//! Pages of a log, as etcd 3.4.23 answers them.
use gu_etcd::{NodeError, PAGE, Page, read_page};
use std::alloc::Global;
use std::test::Fail;

/// The page of two entries at the numbers 1 and 2 of DAY, the second one empty.
const TWO: &str =
    "{\"header\":{\"cluster_id\":\"17086039349274994302\",\"revision\":\"4\"},\"kvs\":[\
    {\"key\":\"REFZLzAwMDAwMDAwMDE=\",\"create_revision\":\"3\",\"mod_revision\":\"3\",\"version\":\"1\",\"value\":\"aGVsbG8K\"},\
    {\"key\":\"REFZLzAwMDAwMDAwMDI=\",\"create_revision\":\"4\",\"mod_revision\":\"4\",\"version\":\"1\"}],\"count\":\"2\"}";

/// The same, of which only the first was asked for.
const ONE: &str = "{\"header\":{\"revision\":\"4\"},\"kvs\":[\
    {\"key\":\"REFZLzAwMDAwMDAwMDE=\",\"create_revision\":\"3\",\"mod_revision\":\"3\",\"version\":\"1\",\"value\":\"aGVsbG8K\"}],\
    \"more\":true,\"count\":\"2\"}";

fn page_of(alloc: Global, answer: &str, number: u64) -> Result<Page, NodeError> {
    if number > 9 {
        return Err(NodeError::Unanswered);
    }
    read_page(alloc, answer.as_bytes(), b"DAY", number)
}

#[test]
fn the_entries_of_a_page_are_read_in_order(rt: HostRuntime) -> Result<(), Fail> {
    let page = page_of(rt.alloc(), TWO, 1)?;
    assert_eq!(rt; page.entries.len(), 2);
    assert_eq!(rt; page.entries[0].as_slice(), b"hello\n".as_slice());
    assert!(rt; page.entries[1].is_empty());
    assert!(rt; !page.has_more);
    let page = page_of(rt.alloc(), ONE, 1)?;
    assert_eq!(rt; page.entries.len(), 1);
    assert!(rt; page.has_more);
    let page = page_of(rt.alloc(), "{\"header\":{\"revision\":\"4\"}}", 3)?;
    assert!(rt; page.entries.is_empty() && !page.has_more);
    Ok(())
}

/// Texts that are no page from number 1 on.
const NO_PAGES: &[&str] = &[
    "",
    "{}",
    "{\"error\":\"etcdserver: request timed out\",\"code\":14}",
    "{\"header\":{},\"more\":true}",
    "{\"header\":{},\"kvs\":{}}",
    "{\"header\":{},\"kvs\":[{}]}",
    "{\"header\":{},\"kvs\":[{\"key\":\"REFZLzAwMDAwMDAwMDI=\"}]}",
    "{\"header\":{},\"kvs\":[{\"key\":\"REFZLzAwMDAwMDAwMDE=\",\"value\":\"?\"}]}",
    "{\"header\":{},\"kvs\":[{\"key\":\"REFZLzAwMDAwMDAwMDE=\"},{\"key\":\"REFZLzAwMDAwMDAwMDM=\"}]}",
    "{\"header\":{},\"kvs\":[{\"key\":\"REFZLzAwMDAwMDAwMDE=\"},{\"key\":\"REFZLzAwMDAwMDAwMDE=\"}]}",
];

#[test]
fn a_page_with_another_key_is_none(rt: HostRuntime) {
    for answer in NO_PAGES {
        let page = page_of(rt.alloc(), answer, 1);
        assert!(rt; matches!(page, Err(NodeError::Unanswered)), "{answer}");
    }
    assert!(rt; matches!(page_of(rt.alloc(), TWO, 2), Err(NodeError::Unanswered)));
}

#[test]
fn a_page_with_more_than_was_asked_for_is_none(rt: HostRuntime) -> Result<(), Fail> {
    let mut answer = String::from_str(rt.alloc(), "{\"header\":{},\"kvs\":[")?;
    for _ in 0..PAGE {
        answer.push_str("{\"key\":\"REFZLzAwMDAwMDAwMDE=\"},")?;
    }
    answer.push_str("{\"key\":\"REFZLzAwMDAwMDAwMDE=\"}]}")?;
    let page = page_of(rt.alloc(), answer.as_str(), 1);
    assert!(rt; matches!(page, Err(NodeError::Unanswered)));
    Ok(())
}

------------------------------------------------------------

What is expected: Each line of the listing must be transcribed precisely as it appears.

The completed task:
//! Pages of a log, as etcd 3.4.23 answers them.
use gu_etcd::{NodeError, PAGE, Page, read_page};
use std::alloc::Global;
use std::test::Fail;

/// The page of two entries at the numbers 1 and 2 of DAY, the second one empty.
const TWO: &str =
    "{\"header\":{\"cluster_id\":\"17086039349274994302\",\"revision\":\"4\"},\"kvs\":[\
    {\"key\":\"REFZLzAwMDAwMDAwMDE=\",\"create_revision\":\"3\",\"mod_revision\":\"3\",\"version\":\"1\",\"value\":\"aGVsbG8K\"},\
    {\"key\":\"REFZLzAwMDAwMDAwMDI=\",\"create_revision\":\"4\",\"mod_revision\":\"4\",\"version\":\"1\"}],\"count\":\"2\"}";

/// The same, of which only the first was asked for.
const ONE: &str = "{\"header\":{\"revision\":\"4\"},\"kvs\":[\
    {\"key\":\"REFZLzAwMDAwMDAwMDE=\",\"create_revision\":\"3\",\"mod_revision\":\"3\",\"version\":\"1\",\"value\":\"aGVsbG8K\"}],\
    \"more\":true,\"count\":\"2\"}";

fn page_of(alloc: Global, answer: &str, number: u64) -> Result<Page, NodeError> {
    if number > 9 {
        return Err(NodeError::Unanswered);
    }
    read_page(alloc, answer.as_bytes(), b"DAY", number)
}

#[test]
fn the_entries_of_a_page_are_read_in_order(rt: HostRuntime) -> Result<(), Fail> {
    let page = page_of(rt.alloc(), TWO, 1)?;
    assert_eq!(rt; page.entries.len(), 2);
    assert_eq!(rt; page.entries[0].as_slice(), b"hello\n".as_slice());
    assert!(rt; page.entries[1].is_empty());
    assert!(rt; !page.has_more);
    let page = page_of(rt.alloc(), ONE, 1)?;
    assert_eq!(rt; page.entries.len(), 1);
    assert!(rt; page.has_more);
    let page = page_of(rt.alloc(), "{\"header\":{\"revision\":\"4\"}}", 3)?;
    assert!(rt; page.entries.is_empty() && !page.has_more);
    Ok(())
}

/// Texts that are no page from number 1 on.
const NO_PAGES: &[&str] = &[
    "",
    "{}",
    "{\"error\":\"etcdserver: request timed out\",\"code\":14}",
    "{\"header\":{},\"more\":true}",
    "{\"header\":{},\"kvs\":{}}",
    "{\"header\":{},\"kvs\":[{}]}",
    "{\"header\":{},\"kvs\":[{\"key\":\"REFZLzAwMDAwMDAwMDI=\"}]}",
    "{\"header\":{},\"kvs\":[{\"key\":\"REFZLzAwMDAwMDAwMDE=\",\"value\":\"?\"}]}",
    "{\"header\":{},\"kvs\":[{\"key\":\"REFZLzAwMDAwMDAwMDE=\"},{\"key\":\"REFZLzAwMDAwMDAwMDM=\"}]}",
    "{\"header\":{},\"kvs\":[{\"key\":\"REFZLzAwMDAwMDAwMDE=\"},{\"key\":\"REFZLzAwMDAwMDAwMDE=\"}]}",
];

#[test]
fn a_page_with_another_key_is_none(rt: HostRuntime) {
    for answer in NO_PAGES {
        let page = page_of(rt.alloc(), answer, 1);
        assert!(rt; matches!(page, Err(NodeError::Unanswered)), "{answer}");
    }
    assert!(rt; matches!(page_of(rt.alloc(), TWO, 2), Err(NodeError::Unanswered)));
}

#[test]
fn a_page_with_more_than_was_asked_for_is_none(rt: HostRuntime) -> Result<(), Fail> {
    let mut answer = String::from_str(rt.alloc(), "{\"header\":{},\"kvs\":[")?;
    for _ in 0..PAGE {
        answer.push_str("{\"key\":\"REFZLzAwMDAwMDAwMDE=\"},")?;
    }
    answer.push_str("{\"key\":\"REFZLzAwMDAwMDAwMDE=\"}]}")?;
    let page = page_of(rt.alloc(), answer.as_str(), 1);
    assert!(rt; matches!(page, Err(NodeError::Unanswered)));
    Ok(())
}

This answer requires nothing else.